Выбрать главу

Мельшин говорит — указывает далее г. Ковалевский — о чудовищной нравственной тупости каторжных, особенно рельефно проявляющейся в рассказах об утонченно-свирепых убийствах и зверских поступках. Следует цитата: «Публика всегда была, видимо, на стороне палача, а не жертвы, и для первого из них всегда отыскивалось в ее глазах какое-нибудь оправдание». Что говорить — примеров бессердечного цинизма и утонченно-сладострастного зверства можно найти в этой среде сколько угодно; но не следует все-таки преувеличивать и, главное, так свирепо обобщать. Разве я то хотел сказать приведенной выше фразой, что арестанты всегда и везде сочувствуют непременно палачам, а не жертвам? Ведь речь идет у меня лишь о том, как относятся они к рассказам своих товарищей об их прошлом. В глазах каторги каждый такой рассказчик, благодаря факту своего пребывания в данный момент в тюрьме, в неволе, уже является жертвой, какие бы ужасы он про себя ни рассказывал; живое, в эту минуту страдающее существо, он вызывает в товарищах больше сочувствия, чем те — погибшие от его руки, давно лежащие в могиле… Философия, правда, странная, односторонне человечная, но как-никак с ней необходимо считаться, раз хочешь быть беспристрастным судьею этих некультурных, глубоко развращенных и столь же глубоко несчастных людей. В моих очерках есть немало фактов, показывающих, что русскому арестанту вовсе не чужды и нежное любящее сердце и способность сочувствовать чужому страданию, способность, доходящая порой до самоотречения.

Из других «характерных черт» прирожденного преступника г. Ковалевский отмечает его ненависть «ко всему остальному, роду человеческому», не указывая, однако, на чем основано подобное обвинение. По-видимому, на только что процитированной перед тем биографии моего Семенова. Действительно, это — ультраозлобленный человек, «закоренелый злодей», как выражается ученый профессор. Но, не говоря уж о том, что судить по одному экземпляру обо всех тысячах каторжных несправедливо и недостойно ученых людей, следует быть справедливым и относительно самого Семенова. Отбросьте в его речах гордый, явно преувеличенный пафос злобы (мало ли что в злобе говорится!) — и нам станет ясно, что отнюдь не весь род человеческий ненавидит Семенов, а только известную часть его, именно — богатых и сытых. А это, я полагаю, огромная разница! Что касается остальных обитателей мира отверженных (фигур, в большинстве, несомненно, более мелких и вместе с тем более близких к нормальному человеческому типу), то я сошлюсь хотя бы на главу «Демоны зла и разрушения» (т. I), где изображаются разговоры «на широкие общественные темы». Оказывается, что у этих «мечтателей» никогда не являлось и тени сомнения в том, что «народ» и они, обитатели каторги, — совершенно одно и то же… И какие строят они наивные планы достижения общего счастья — правда, дикие, ужасные, кошмарно-кровавые, но все-таки проникнутые — надо же в этом сознаться — любовью, а никак не огульной «ненавистью ко всему, человеческому роду».

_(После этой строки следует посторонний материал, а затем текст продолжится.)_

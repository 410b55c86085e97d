//! The limits of a run.

/// The most workers of one cache. A mask of a journal has a bit for each.
pub const MOST_WORKERS: u32 = 64;

/// The most bytes of an input: 64 MB.
pub const LONGEST_INPUT: u32 = 67_108_864;
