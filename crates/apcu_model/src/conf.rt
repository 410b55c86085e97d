//! The shape of a cache, its limits, and what a call's moment is.

ghost use Rattle.std.specs.Prelude.{◌≡◌, ◌↔◌, IsTrue};
ghost use Rattle.apcu_model.specs.Conf.{IsGood, IsUsable, most_of, piece_of};
ghost use Rattle.apcu_model.specs.declared.conf.TheConstants.{USUAL_WORDS};

/// The most words of all segments together: 128 MB.
pub const MOST_WORDS: u32 = 16_777_216;

/// The most words of all segments together with which an engine can be made: 2 GB.
pub const MOST_USABLE_WORDS: u32 = 268_435_456;

/// The most slots of a cache.
pub const MOST_SLOTS: u32 = 1_048_576;

/// The most segments of a cache.
pub const MOST_SEGMENTS: u32 = 64;

/// The shape of a cache: how many words its segments have, how many of them are slots, how long a
/// row without a ttl of its own stays unused before it expires, and how many segments there are.
#[derive(Clone, Copy, Debug, PartialEq, Eq)]
pub struct Conf {
    /// All words of the segments (`apc.shm_size` in units of 8 bytes, times their number).
    pub words: u32,
    /// The words from 0 on that are heads of hash chains. Blocks begin after them.
    pub slots: u32,
    /// `apc.ttl` in seconds: a row without a ttl of its own is stale this long after its last use;
    /// 0 is never.
    pub ttl: u32,
    /// The number of segments (`apc.shm_segments`), which have equally many words. No block crosses
    /// a border between two of them.
    pub segments: u32,
}

/// What a call's moment is, PHP's `apc.use_request_time`.
#[derive(Clone, Copy, Debug, PartialEq, Eq)]
pub enum Clock {
    /// The second at which the call is made (`0`).
    Line,
    /// The second at which the call's request began (`1`).
    Request,
}

// The words of 32 MB.
const USUAL_WORDS: u32 = 4_194_304;

impl Conf {
    /// The default shape: one segment of 32 MB (PHP's `apc.shm_size`), 4,096 slots, and no ttl.
    pub fn usual() -> Conf
        ensures is { result
            ≡ record { words = USUAL_WORDS; slots = 4096; ttl = 0; segments = 1 } }
        ensures good { IsGood result }
    {
        Conf {
            words: USUAL_WORDS,
            slots: 4096,
            ttl: 0,
            segments: 1,
        }
    }

    /// Whether a cache of this shape can be made: `segments` is from 1 to 64, `words` is from 32 to
    /// 16,777,216 and an even number for each segment, `slots` is even and from 2 to 1,048,576, and
    /// at least 16 words of the first segment are left for blocks.
    pub fn good(&self) -> bool
        ensures { IsTrue result ↔ IsGood self.now }
    {
        self.segments >= 1
            && self.segments <= MOST_SEGMENTS
            && self.words % (2 * self.segments) == 0
            && self.words >= 32
            && self.words <= MOST_WORDS
            && self.slots % 2 == 0
            && self.slots >= 2
            && self.slots <= MOST_SLOTS
            && self.slots + 16 <= self.piece()
    }

    /// Whether an engine can make a cache of this shape: all that `good` requires, but `words` may
    /// be up to 268,435,456. A good shape is usable.
    pub fn usable(&self) -> bool
        ensures { IsTrue result ↔ IsUsable self.now }
    {
        let Conf {
            words,
            slots,
            ttl: _,
            segments,
        } = *self;
        segments >= 1
            && segments <= MOST_SEGMENTS
            && words % (2 * segments) == 0
            && words >= 32
            && words <= MOST_USABLE_WORDS
            && slots % 2 == 0
            && slots >= 2
            && slots <= MOST_SLOTS
            && slots + 16 <= self.piece()
    }

    /// The number of words of a segment.
    pub fn piece(&self) -> u32
        ensures { result ≡ piece_of self.now }
    {
        if self.segments == 0 {
            return 0;
        }
        self.words / self.segments
    }

    /// The number of words of the largest block that fits into the empty segments.
    pub fn most(&self) -> u32
        ensures { result ≡ most_of self.now }
    {
        if self.segments == 1 {
            return self.words.saturating_sub(self.slots);
        }
        self.piece()
    }
}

«Непреступное общество являлось для них для всех смертельным врагом, которого они ненавидели и (которому?) всеми способами делали зло (это — сидя в тюрьме-то?). Месть, жестокая месть грозила всем врагам каторжной когорты, и эту месть многие ставили главным предметом своей свободы и своего выхода из острога». Обобщение совершенно фантастического характера… Ни Достоевский, ни кто другой из бытописателей тюрьмы и каторги нигде не говорят о том, чтобы какой-либо арестант ставил главным предметом своей свободы и выхода из острога — «месть всем врагам каторжной когорты». Для меня по крайней мере, немало писавшего о мстительности русских арестантов по отношению к личным врагам, подобное утверждение является положительной новостью, в неосновательности которой я, впрочем, нисколько не сомневаюсь.

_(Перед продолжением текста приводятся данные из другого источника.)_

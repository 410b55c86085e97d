//! The single-threaded cache: the reply to each request, and the cache after it.
#![tactic(auto)]

mod ask;
mod conf;
mod generator;
mod integers;
mod items;
mod journal;
mod keys;
mod laws;
mod limits;
mod pairs;
mod request;
mod row_info;
mod searching;

pub use ask::Ask;
pub use conf::{Clock, Conf, MOST_SEGMENTS, MOST_SLOTS, MOST_USABLE_WORDS, MOST_WORDS};
pub use generator::{Gen, GenKind};
pub use integers::integer;
pub use items::{Chunk, ItemRow, Items};
pub use journal::{Journal, MOST_EVENTS, Mark};
pub use keys::Keys;
pub use laws::{
    count_laws, events_keep, held_alike, numbered, one_event_more, rows_keep_numbers,
    rows_stay_apart, works_alone,
};
pub use limits::{LONGEST_INPUT, MOST_WORKERS};
pub use pairs::Pairs;
pub use request::{Event, Reply, Request, StoreAnswer};
pub use row_info::{Counts, ListedRow, RowInfo};
pub use searching::{Fields, List, Pattern};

Что касается другого обвинения «прирожденного преступника» — в том, что будто бы в «основе его существа» лежит лень и отвращение к работе, особенно если это работа принудительная, то является невольный вопрос: неужели же вполне нормальный человек относится к принудительному труду с радостью, с восторгом, с вдохновением?..

Наконец, ученый вывод еще более удивительный — отношение прирожденного преступника к грамоте. «Очень многие из преступников грамотны, — говорит бывший профессор, — но эта грамотность была приобретена ими не как выражение пытливости и любознательности ума, а как средство покрытия и пособия преступности». Спрашивается — откуда сие?.. Естественно, вспоминаешь прежде всего свои слова, свои рассказы. «Миколаич, на что нам грамота, на что?» — в отчаянии из-за своей неспособности спрашивал иногда Никифор Буренков своего учителя.